- _Records to use_:
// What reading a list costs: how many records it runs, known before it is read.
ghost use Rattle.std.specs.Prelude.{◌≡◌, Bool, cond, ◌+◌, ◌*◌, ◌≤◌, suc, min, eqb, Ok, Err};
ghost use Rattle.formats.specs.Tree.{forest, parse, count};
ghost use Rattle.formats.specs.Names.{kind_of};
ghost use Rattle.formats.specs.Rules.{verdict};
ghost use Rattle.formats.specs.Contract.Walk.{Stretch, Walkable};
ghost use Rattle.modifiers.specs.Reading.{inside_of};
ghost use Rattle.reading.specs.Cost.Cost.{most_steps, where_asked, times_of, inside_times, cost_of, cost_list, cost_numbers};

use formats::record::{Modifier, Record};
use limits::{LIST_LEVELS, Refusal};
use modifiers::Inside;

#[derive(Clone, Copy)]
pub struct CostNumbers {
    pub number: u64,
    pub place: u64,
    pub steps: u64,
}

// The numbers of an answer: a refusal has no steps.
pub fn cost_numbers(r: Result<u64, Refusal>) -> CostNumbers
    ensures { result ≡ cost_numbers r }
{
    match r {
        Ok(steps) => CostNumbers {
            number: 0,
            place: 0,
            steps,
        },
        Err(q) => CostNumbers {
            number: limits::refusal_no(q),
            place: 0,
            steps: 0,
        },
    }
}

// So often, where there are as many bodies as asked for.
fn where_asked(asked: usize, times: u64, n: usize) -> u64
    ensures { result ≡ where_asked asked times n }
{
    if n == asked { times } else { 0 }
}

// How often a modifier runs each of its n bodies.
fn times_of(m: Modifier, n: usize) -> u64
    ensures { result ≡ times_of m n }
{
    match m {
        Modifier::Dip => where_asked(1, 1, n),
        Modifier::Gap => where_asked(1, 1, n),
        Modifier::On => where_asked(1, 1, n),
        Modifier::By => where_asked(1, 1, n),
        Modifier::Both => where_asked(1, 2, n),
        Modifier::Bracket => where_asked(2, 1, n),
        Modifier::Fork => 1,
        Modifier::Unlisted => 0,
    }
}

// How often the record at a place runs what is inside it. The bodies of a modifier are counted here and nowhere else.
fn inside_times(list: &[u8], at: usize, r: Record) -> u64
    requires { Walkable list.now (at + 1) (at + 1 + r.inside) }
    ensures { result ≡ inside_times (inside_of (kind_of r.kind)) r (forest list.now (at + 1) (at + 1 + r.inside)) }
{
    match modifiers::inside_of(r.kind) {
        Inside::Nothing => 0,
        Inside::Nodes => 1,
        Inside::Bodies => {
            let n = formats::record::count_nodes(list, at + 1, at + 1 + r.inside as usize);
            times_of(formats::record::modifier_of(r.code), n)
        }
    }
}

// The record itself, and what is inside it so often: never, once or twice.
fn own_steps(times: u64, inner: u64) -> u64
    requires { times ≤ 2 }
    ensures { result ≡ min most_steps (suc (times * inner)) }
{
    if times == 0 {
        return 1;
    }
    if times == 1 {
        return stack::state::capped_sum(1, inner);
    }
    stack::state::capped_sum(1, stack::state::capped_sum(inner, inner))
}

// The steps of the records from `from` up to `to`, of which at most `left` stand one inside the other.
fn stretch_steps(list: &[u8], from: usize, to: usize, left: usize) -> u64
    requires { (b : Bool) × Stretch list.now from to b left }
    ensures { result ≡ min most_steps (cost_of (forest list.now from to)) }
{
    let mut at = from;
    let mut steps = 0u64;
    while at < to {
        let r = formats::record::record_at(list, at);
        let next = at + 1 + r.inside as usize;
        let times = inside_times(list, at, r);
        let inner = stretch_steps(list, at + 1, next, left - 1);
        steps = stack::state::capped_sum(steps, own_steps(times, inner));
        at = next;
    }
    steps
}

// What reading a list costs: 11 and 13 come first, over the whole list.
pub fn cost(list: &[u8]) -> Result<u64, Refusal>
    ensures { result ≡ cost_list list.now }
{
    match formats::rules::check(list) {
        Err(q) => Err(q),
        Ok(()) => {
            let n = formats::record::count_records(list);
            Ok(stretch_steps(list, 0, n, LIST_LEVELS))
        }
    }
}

---

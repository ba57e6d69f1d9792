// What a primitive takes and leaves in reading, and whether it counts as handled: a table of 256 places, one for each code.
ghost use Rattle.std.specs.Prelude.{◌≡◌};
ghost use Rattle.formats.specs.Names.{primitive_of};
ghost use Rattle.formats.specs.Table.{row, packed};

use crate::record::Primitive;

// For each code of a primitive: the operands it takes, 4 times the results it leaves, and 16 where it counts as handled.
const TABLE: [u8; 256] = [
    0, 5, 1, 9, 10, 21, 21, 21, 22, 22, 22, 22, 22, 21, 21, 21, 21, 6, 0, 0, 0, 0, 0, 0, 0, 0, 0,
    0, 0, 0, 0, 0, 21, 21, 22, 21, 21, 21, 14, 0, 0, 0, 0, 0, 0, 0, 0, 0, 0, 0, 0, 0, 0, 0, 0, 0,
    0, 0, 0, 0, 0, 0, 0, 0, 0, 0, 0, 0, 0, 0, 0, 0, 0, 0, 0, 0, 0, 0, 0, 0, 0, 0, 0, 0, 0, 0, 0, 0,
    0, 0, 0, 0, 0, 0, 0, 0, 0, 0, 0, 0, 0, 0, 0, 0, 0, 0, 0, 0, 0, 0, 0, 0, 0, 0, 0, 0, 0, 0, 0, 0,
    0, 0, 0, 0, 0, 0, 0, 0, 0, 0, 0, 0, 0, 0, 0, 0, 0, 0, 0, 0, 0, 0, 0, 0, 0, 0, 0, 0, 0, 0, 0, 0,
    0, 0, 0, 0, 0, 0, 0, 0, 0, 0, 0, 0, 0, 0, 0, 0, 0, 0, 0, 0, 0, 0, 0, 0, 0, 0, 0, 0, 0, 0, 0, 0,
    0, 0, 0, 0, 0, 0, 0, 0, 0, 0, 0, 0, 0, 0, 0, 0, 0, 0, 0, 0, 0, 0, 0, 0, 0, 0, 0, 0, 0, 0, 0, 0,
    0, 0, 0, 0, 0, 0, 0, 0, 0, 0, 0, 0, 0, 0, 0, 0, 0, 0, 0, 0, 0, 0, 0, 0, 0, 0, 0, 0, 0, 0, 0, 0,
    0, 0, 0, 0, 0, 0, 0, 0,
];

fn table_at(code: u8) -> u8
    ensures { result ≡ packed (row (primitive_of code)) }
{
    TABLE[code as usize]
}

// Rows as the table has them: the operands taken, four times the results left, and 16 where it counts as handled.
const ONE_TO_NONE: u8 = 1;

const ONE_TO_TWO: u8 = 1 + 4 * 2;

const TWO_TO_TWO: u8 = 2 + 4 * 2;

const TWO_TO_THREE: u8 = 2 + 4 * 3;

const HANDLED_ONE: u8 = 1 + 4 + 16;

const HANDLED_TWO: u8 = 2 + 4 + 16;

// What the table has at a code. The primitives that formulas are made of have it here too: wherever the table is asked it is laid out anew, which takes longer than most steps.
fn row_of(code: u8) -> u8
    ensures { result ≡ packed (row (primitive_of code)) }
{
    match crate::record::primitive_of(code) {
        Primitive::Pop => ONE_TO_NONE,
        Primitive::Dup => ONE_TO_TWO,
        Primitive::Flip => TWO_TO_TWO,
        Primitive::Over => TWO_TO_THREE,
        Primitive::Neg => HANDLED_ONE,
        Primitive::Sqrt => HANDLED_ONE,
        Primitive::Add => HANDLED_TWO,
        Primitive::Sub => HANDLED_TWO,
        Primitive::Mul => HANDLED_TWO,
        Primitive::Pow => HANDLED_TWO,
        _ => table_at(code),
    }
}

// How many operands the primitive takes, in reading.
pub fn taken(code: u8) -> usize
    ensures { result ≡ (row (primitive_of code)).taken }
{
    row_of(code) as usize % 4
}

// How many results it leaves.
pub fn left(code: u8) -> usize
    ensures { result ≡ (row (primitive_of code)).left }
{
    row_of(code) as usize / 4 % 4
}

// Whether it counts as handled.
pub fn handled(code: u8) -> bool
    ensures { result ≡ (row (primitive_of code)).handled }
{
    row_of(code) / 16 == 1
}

- _Your goal_:
Read the entries and show each line that mentions "limits".

- _Written solution_:
use limits::{LIST_LEVELS, Refusal};
            number: limits::refusal_no(q),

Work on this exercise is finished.